The Influence of Depositional Environment on Reservoir Quality of the Macedon Member, Exmouth Sub basin, Western Australia
Honours Degree 2002
University of Adelaide
The Berriasian Macedon Member of the Lower Barrow Group forms a key reservoir in the Exmouth Sub-basin. Recent discoveries such as Macedon/Pyrenees, Enfield and Laverda have all intersected the Macedon Member. Hence the Macedon Member is a highly prospective play in the Exmouth Sub-basin.
Plotting porosity and permeability trends with respect to facies shows that subtle changes in facies type and lithology have a significant effect on porosity and permeability. Generally sand rich facies such as vertically amalgamating basin floor lobes, upper shoreface and channel facies display the highest porosities and permeabilities and form the best reservoirs in the Macedon Member. The clay and mud-rich shelf mud facies exhibits the lowest porosity and permeability and forms an ideal intra-formational seal.
Statistical analysis of porosity and permeability data shows that the basin floor lobe facies forms the best reservoirs, with mean porosity of 27.5% and mean permeability of approximately 2000 mD. Unconfined channels also form good reservoirs with mean porosity of 26% and permeability of approximately 1000 mD, followed by the upper shoreface facies, matrix supported mass flows and channels within incised canyons.

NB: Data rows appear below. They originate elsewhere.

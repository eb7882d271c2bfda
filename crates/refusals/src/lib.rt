//! Tests of calls that run out of memory.
//!
//! Each call is made with no memory left, then with a little more, and so on until it has enough.
//! So its first allocation is refused, then its second, and so on. `tests/test_refused.py` shows
//! the same of the built program, with its threads and its command line.
#![tactic(auto)]

#[cfg(test)]
mod calls;
#[cfg(test)]
mod cells;
#[cfg(test)]
mod conversions;
#[cfg(test)]
mod metadata;
#[cfg(test)]
mod names;
#[cfg(test)]
mod report;
#[cfg(test)]
mod rings;
#[cfg(test)]
mod rows;
#[cfg(test)]
mod scarcity;
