//! The tests' way to take all memory and to give it back a little at a time.

use crate::calls::{Call, CallValues, made};
use std::alloc::Global;

/// The largest number of bytes that a call may be given.
const MOST: usize = 1 << 20;

/// The count of bytes that a call is given more each time.
const STEP: usize = 16;

/// What a call did with the memory that it had.
#[derive(Clone, Copy)]
pub(crate) enum CallOutcome {
    /// It was refused memory, and nothing changed.
    Refused,
    /// It had enough memory, and answered as with ample memory.
    Enough,
    /// It answered something else.
    Wrong,
}

impl CallOutcome {
    /// Returns what a call did that was not refused memory, and answered as with ample memory or
    /// not.
    pub(crate) fn same(is_same: bool) -> CallOutcome {
        if is_same {
            CallOutcome::Enough
        } else {
            CallOutcome::Wrong
        }
    }

    /// Returns what a call did that was refused memory, and answered so or not.
    pub(crate) fn refused(is_refused: bool) -> CallOutcome {
        if is_refused {
            CallOutcome::Refused
        } else {
            CallOutcome::Wrong
        }
    }
}

/// Memory that is taken so that nothing else has it.
#[derive(Drop)]
struct Hoard {
    blocks: Vec<Vec<u8>>,
}

impl Hoard {
    /// Returns a hoard that has nothing yet, or `None` if there is no memory for it.
    fn new(alloc: Global) -> Option<Hoard> {
        let blocks = Vec::with_capacity(alloc, 1 << 20).ok()?;
        Some(Hoard { blocks })
    }

    /// Takes all that this thread can allocate, in ever smaller blocks. Returns `None` if these are
    /// too many.
    fn take_all(&mut self, alloc: Global) -> Option<()> {
        for shift in (4..47usize).rev() {
            for _ in 0..1u32 << 18 {
                let Ok(block) = Vec::<u8>::with_capacity(alloc, 1 << shift) else {
                    break;
                };
                self.blocks.push(block).ok()?;
            }
        }
        Some(())
    }
}

/// The count of bytes of the stack that a call may use.
const DEEPEST: usize = 1 << 18;

/// Writes the bytes of the stack that a call may use, and returns one of them, which is 0 or 1. The
/// stack cannot grow after all memory is taken, but it keeps what it has.
#[inline(never)]
fn reach_down(place: usize) -> u8 {
    let mut bytes = [0u8; DEEPEST];
    for (at, byte) in bytes.iter_mut().enumerate() {
        *byte = (at % 2) as u8;
    }
    bytes[place % DEEPEST]
}

/// A vector of which a call has a little memory and then ever more. It is separate, so that all
/// other memory can be taken.
#[derive(Drop)]
struct Grant {
    left: usize,
    _filler: Vec<u8>,
}

impl Grant {
    /// Returns a room of `room` bytes, at most 1,048,576, of which a call has none yet. Returns
    /// `None` if there is no memory for it.
    fn new(alloc: Global, room: usize) -> Option<Grant> {
        let left = room.min(MOST);
        // The system's first large block is outside its heap, and a second one inside.
        drop(Vec::<u8>::with_capacity(alloc, left).ok()?);
        let filler = Vec::with_capacity(alloc, left).ok()?;
        if reach_down(left) > 1 {
            return None;
        }
        Some(Grant {
            left,
            _filler: filler,
        })
    }

    /// Returns the same room with 16 bytes more for the call, or `None` if the call has all of it.
    fn eased(self, alloc: Global) -> Option<Grant> {
        let left = self.left.checked_sub(STEP)?;
        drop(self);
        let filler = Vec::with_capacity(alloc, left).ok()?;
        Some(Grant {
            left,
            _filler: filler,
        })
    }
}

/// Returns how often a call is refused memory while it has none, then 16 bytes, and so on, until it
/// has enough. Returns `None` if it never has enough, or gives another answer before.
fn refusals_in(alloc: Global, room: Grant, call: Call, over: CallValues<'_>) -> Option<u32> {
    let mut room = room;
    for refused in 0..=(MOST / STEP) as u32 {
        match made(alloc, call, over) {
            CallOutcome::Refused => room = room.eased(alloc)?,
            CallOutcome::Enough => return Some(refused),
            CallOutcome::Wrong => return None,
        }
    }
    None
}

/// Does the same while all other memory of the process is taken, so the process must do nothing
/// else.
fn refusals_of(alloc: Global, room: Grant, call: Call, over: CallValues<'_>) -> Option<u32> {
    let mut hoard = Hoard::new(alloc)?;
    hoard.take_all(alloc)?;
    refusals_in(alloc, room, call, over)
}

/// A call, the memory that it may need, and the least count of refusals before it has enough.
pub(crate) type RefusedCall = (Call, usize, u32);

/// Returns whether a call is refused memory at least this often before it has enough.
fn is_refused(alloc: Global, trial: &RefusedCall, over: CallValues<'_>) -> bool {
    match Grant::new(alloc, trial.1) {
        Some(room) => {
            let count = refusals_of(alloc, room, trial.0, over);
            matches!(count, Some(count) if count >= trial.2)
        }
        None => false,
    }
}

/// Returns whether each of these calls is.
pub(crate) fn are_refused(alloc: Global, trials: &[RefusedCall], over: CallValues<'_>) -> bool {
    for trial in trials {
        if !is_refused(alloc, trial, over) {
            return false;
        }
    }
    true
}
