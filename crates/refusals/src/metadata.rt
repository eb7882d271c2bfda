//! Reading a report's metadata, types table and parameters file while memory runs out.

use crate::report::{METADATA, report};
use crate::scarcity::CallOutcome;
use oim_meta::{Limits, MetaFault, Report, parameter_url};
use std::alloc::Global;

/// Reads the URL of the parameters file.
pub(crate) fn reads_the_url(alloc: Global) -> CallOutcome {
    match parameter_url(alloc, METADATA, &Limits::profile()) {
        Ok(Some(url)) => CallOutcome::same(url.as_str() == "parameters.csv"),
        Ok(None) => CallOutcome::Wrong,
        Err(fault) => CallOutcome::refused(fault == MetaFault::Memory),
    }
}

/// Reads the types, the parameters and the metadata.
pub(crate) fn reads(alloc: Global) -> CallOutcome {
    match report(alloc) {
        Ok(report) => CallOutcome::same(report.tables() == 2),
        Err(fault) => CallOutcome::refused(fault == MetaFault::Memory),
    }
}

/// Copies a report.
pub(crate) fn copies(report: &Report) -> CallOutcome {
    match report.clone_report() {
        Ok(copy) => CallOutcome::same(copy.tables() == report.tables()),
        Err(_) => CallOutcome::Refused,
    }
}
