//! The fact of a cell while memory runs out.

use crate::scarcity::CallOutcome;
use oim_meta::{ColumnKind, Report};
use oim_names::{Items, Text};
use oim_resolve::{CellFault, Fact, Row, resolve};
use std::alloc::{AllocError, Global};

/// Adds a cell.
fn push_cell(alloc: Global, cells: &mut Items<Text>, text: &str) -> Result<(), AllocError> {
    cells.push(Text::from_str(alloc, text)?)?;
    Ok(())
}

/// Returns the cells of the first row of the first table, in the order of the template's columns.
fn first_cells(alloc: Global) -> Result<Items<Text>, AllocError> {
    let mut cells = Items::new(alloc);
    for cell in ["100", "x", "first"] {
        push_cell(alloc, &mut cells, cell)?;
    }
    Ok(cells)
}

/// Returns that row.
pub(crate) fn first_row(alloc: Global) -> Result<Row, AllocError> {
    let cells = first_cells(alloc)?;
    match Text::from_str(alloc, "r_1") {
        Ok(id) => Ok(Row::new(1, id, cells)),
        Err(fault) => Err(fault),
    }
}

/// Returns what a call did that gives the fact of that row's first cell.
fn of_fact(answer: Result<Option<Fact>, CellFault>) -> CallOutcome {
    match answer {
        Ok(Some(fact)) => CallOutcome::same(fact.id() == "t1.r_1.cash"),
        Err(CellFault::Memory) => CallOutcome::Refused,
        _ => CallOutcome::Wrong,
    }
}

/// Resolves the first cell of a row of the first table.
pub(crate) fn resolves(alloc: Global, report: &Report, row: &Row) -> CallOutcome {
    if report.tables() == 0 || report.columns(0) == 0 || row.cells.len() != report.columns(0) {
        return CallOutcome::Wrong;
    }
    if report.column(0, 0).kind != ColumnKind::Fact {
        return CallOutcome::Wrong;
    }
    of_fact(resolve(alloc, report, 0, row, 0))
}
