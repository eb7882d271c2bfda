//! The rows of a table, its blocks and its texts while memory runs out.

use crate::report::{DOCUMENT, FIRST, HEAD};
use crate::scarcity::CallOutcome;
use oim_decode::TableBlocks;
use oim_json::{Block, Spare, block_of, head, member_of};
use oim_meta::{Limits, Report};
use oim_resolve::Fact;
use oim_rows::{Rows, TableFault, TableKind};
use std::alloc::Global;

/// Returns what a call did that gave this fault of the first table.
fn of_fault(fault: TableFault) -> CallOutcome {
    let is_whole = fault.table == 0 && fault.row == 0 && fault.column == 0;
    CallOutcome::refused(is_whole && fault.kind == TableKind::Memory)
}

/// Returns what a reader of rows did that gave this fault, if it gives the same again.
fn of_settled(rows: &mut Rows<'_, &[u8]>, fault: TableFault) -> CallOutcome {
    match rows.next() {
        Err(again) if again == fault => of_fault(fault),
        _ => CallOutcome::Wrong,
    }
}

/// Returns what reading two rows of two facts did.
fn read_rows(rows: &mut Rows<'_, &[u8]>) -> CallOutcome {
    for place in 0..3usize {
        match rows.next() {
            Ok(Some(facts)) => {
                if facts.len() != 2 || place == 2 {
                    return CallOutcome::Wrong;
                }
            }
            Ok(None) => return CallOutcome::same(place == 2),
            Err(fault) => return of_settled(rows, fault),
        }
    }
    CallOutcome::Wrong
}

/// Returns the rest of a document's facts after a block's text, if that text is a prefix of what is
/// left. A comma precedes the text if it is not the first.
fn without<'a>(left: &'a [u8], whole: &[u8], block: &Block) -> Option<&'a [u8]> {
    let left = if left.len() == whole.len() {
        left
    } else {
        left.strip_prefix(b",".as_slice())?
    };
    left.strip_prefix(block.bytes())
}

/// Returns what reading all blocks did, if their facts are the document's up to the second table.
/// Facts that were read before memory was refused may be first.
fn read_blocks(alloc: Global, blocks: &mut TableBlocks<'_, &[u8]>, whole: &[u8]) -> CallOutcome {
    let mut left = whole;
    for _ in 0..5u32 {
        match blocks.next_block(Spare::new(alloc)) {
            Ok(Some(block)) => match without(left, whole, &block) {
                Some(rest) => left = rest,
                None => return CallOutcome::Wrong,
            },
            Ok(None) => return CallOutcome::same(left.starts_with(b",\"t2.")),
            Err(fault) => return of_fault(fault),
        }
    }
    CallOutcome::Wrong
}

/// Returns the document after its head.
fn facts_and_tail() -> &'static [u8] {
    DOCUMENT.strip_prefix(HEAD).unwrap_or(b"")
}

/// Reads the first table of a report, row by row or in blocks.
pub(crate) fn reads(alloc: Global, report: &Report, in_blocks: bool) -> CallOutcome {
    if report.tables() == 0 {
        return CallOutcome::Wrong;
    }
    if in_blocks {
        return match TableBlocks::open(alloc, report, 0, FIRST, Limits::profile()) {
            Ok(mut blocks) => read_blocks(alloc, &mut blocks, facts_and_tail()),
            Err(fault) => of_fault(fault),
        };
    }
    match Rows::open(alloc, report, 0, FIRST, Limits::profile()) {
        Ok(mut rows) => read_rows(&mut rows),
        Err(fault) => of_fault(fault),
    }
}

/// Writes the head of a report's document.
pub(crate) fn writes_the_head(alloc: Global, report: &Report) -> CallOutcome {
    match head(alloc, report) {
        Ok(head) => CallOutcome::same(head.as_slice() == HEAD),
        Err(_) => CallOutcome::Refused,
    }
}

/// Writes the text of the first of these facts.
fn writes_one(alloc: Global, facts: &[Fact]) -> CallOutcome {
    let Some(fact) = facts.first() else {
        return CallOutcome::Wrong;
    };
    match member_of(alloc, fact) {
        Ok(member) => CallOutcome::same(facts_and_tail().starts_with(member.bytes())),
        Err(_) => CallOutcome::Refused,
    }
}

/// Writes the text of the first row's facts, or of the first of them.
pub(crate) fn writes(alloc: Global, facts: &[Fact], are_two: bool) -> CallOutcome {
    if !are_two {
        return writes_one(alloc, facts);
    }
    if facts.len() != 2 {
        return CallOutcome::Wrong;
    }
    match block_of(alloc, facts) {
        Ok(block) => {
            CallOutcome::same(block.count() == 2 && facts_and_tail().starts_with(block.bytes()))
        }
        Err(_) => CallOutcome::Refused,
    }
}
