/// Modules behind their header, and the bounds of their functions.
pub const BOUNDS: &[(&[u8], &[u8])] = &[
    // Functions that call later ones.
    (
        &[
            1, 4, 1, 0x60, 0, 0, 3, 4, 3, 0, 0, 0, 10, 15, 3, // heads
            4, 0, 0x10, 1, 0x0b, 4, 0, 0x10, 2, 0x0b, 3, 0, 0x01, 0x0b,
        ],
        b"function 0: 6\nfunction 1: 4\nfunction 2: 2\n",
    ),
    // Cycles of calls, and what leads to one.
    (
        &[
            1, 4, 1, 0x60, 0, 0, 3, 6, 5, 0, 0, 0, 0, 0, 10, 24, 5, // heads
            4, 0, 0x10, 1, 0x0b, 4, 0, 0x10, 0, 0x0b, 4, 0, 0x10, 0, 0x0b, 4, 0, 0x10, 3, 0x0b, 2,
            0, 0x0b,
        ],
        b"function 0: none\nfunction 1: none\nfunction 2: none\nfunction 3: none\nfunction 4: 1\n",
    ),
    // Blocks, and the greater of two sides.
    (
        &[
            1, 4, 1, 0x60, 0, 0, 3, 4, 3, 0, 0, 0, 10, 38, 3, // heads
            15, 0, 0x41, 0, 0x04, 0x40, 0x01, 0x01, 0x05, 0x01, 0x0b, 0x02, 0x40, 0x01, 0x0b, 0x0b, // the first is greater
            11, 0, 0x41, 0, 0x04, 0x40, 0x01, 0x05, 0x01, 0x01, 0x0b, 0x0b, // the second is
            8, 0, 0x41, 0, 0x04, 0x40, 0x01, 0x0b, 0x0b,
        ],
        b"function 0: 9\nfunction 1: 6\nfunction 2: 5\n",
    ),
    // A loop, a call by a table, a call of an import, and a return.
    (
        &[
            1, 4, 1, 0x60, 0, 0, 2, 7, 1, 1, 0x65, 1, 0x68, 0, 0, 3, 5, 4, 0, 0, 0, 0, 4, 4, 1,
            0x70, 0, 1, 10, 24, 4, // heads
            5, 0, 0x03, 0x40, 0x0b, 0x0b, 7, 0, 0x41, 0, 0x11, 0, 0, 0x0b, 4, 0, 0x10, 0, 0x0b, 3,
            0, 0x0f, 0x0b,
        ],
        b"function 1: none\nfunction 2: none\nfunction 3: none\nfunction 4: 2\n",
    ),
    // No function.
    (&[], b""),
];

// A function that counts down from 3, exported as `f`.
const LOOP: &[u8] = &[
    0, 0x61, 0x73, 0x6d, 1, 0, 0, 0, 1, 5, 1, 0x60, 0, 1, 0x7f, 3, 2, 1, 0, 7, 5, 1, 1, 0x66, 0, 0,
    0xa, 0x18, 1, 0x16, 1, 1, 0x7f, 0x41, 3, 0x21, 0, 3, 0x40, 0x20, 0, 0x41, 1, 0x6b, 0x22, 0,
    0xd, 0, 0xb, 0x20, 0, 0xb,
];

// A memory of one page that may grow to two, and a function that grows it, exported as `g`.
const GROW: &[u8] = &[
    0, 0x61, 0x73, 0x6d, 1, 0, 0, 0, 1, 6, 1, 0x60, 1, 0x7f, 1, 0x7f, 3, 2, 1, 0, 5, 4, 1, 1, 1, 2,
    7, 5, 1, 1, 0x67, 0, 0, 0xa, 8, 1, 6, 0, 0x20, 0, 0x40, 0, 0xb,
];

Where the relationship between porosity and permeability for a single facies is similar for different wells, it is possible to estimate reservoir quality from seismic data where individual facies have been identified. The upper shoreface facies of Enfield-1 and Enfield-2 can be seen in seismic data, and the similarity between porosity and permeability trends suggests that another well intersecting this facies would have similar porosity and permeability. The basin floor lobe facies intersected in Batavus-1, Macedon 3 and Macedon-4 also have similar porosities and permeabilities. Hence where a basin floor lobe is identified in seismic data, an estimate of reservoir quality could be gained from the porosity versus permeability trend. In general facies that are characterized by homogeneous sands show correlation between porosity and permeability trends for different wells, where sediment is inhomogeneous, such as with mass flows, porosity and permeability varies depending on percentage of shale clasts. In this case porosity and permeability is different for each individual flow. The use of porosity and permeability relationships if combined with other reservoir quality estimation techniques has potential in minimizing risk in exploration.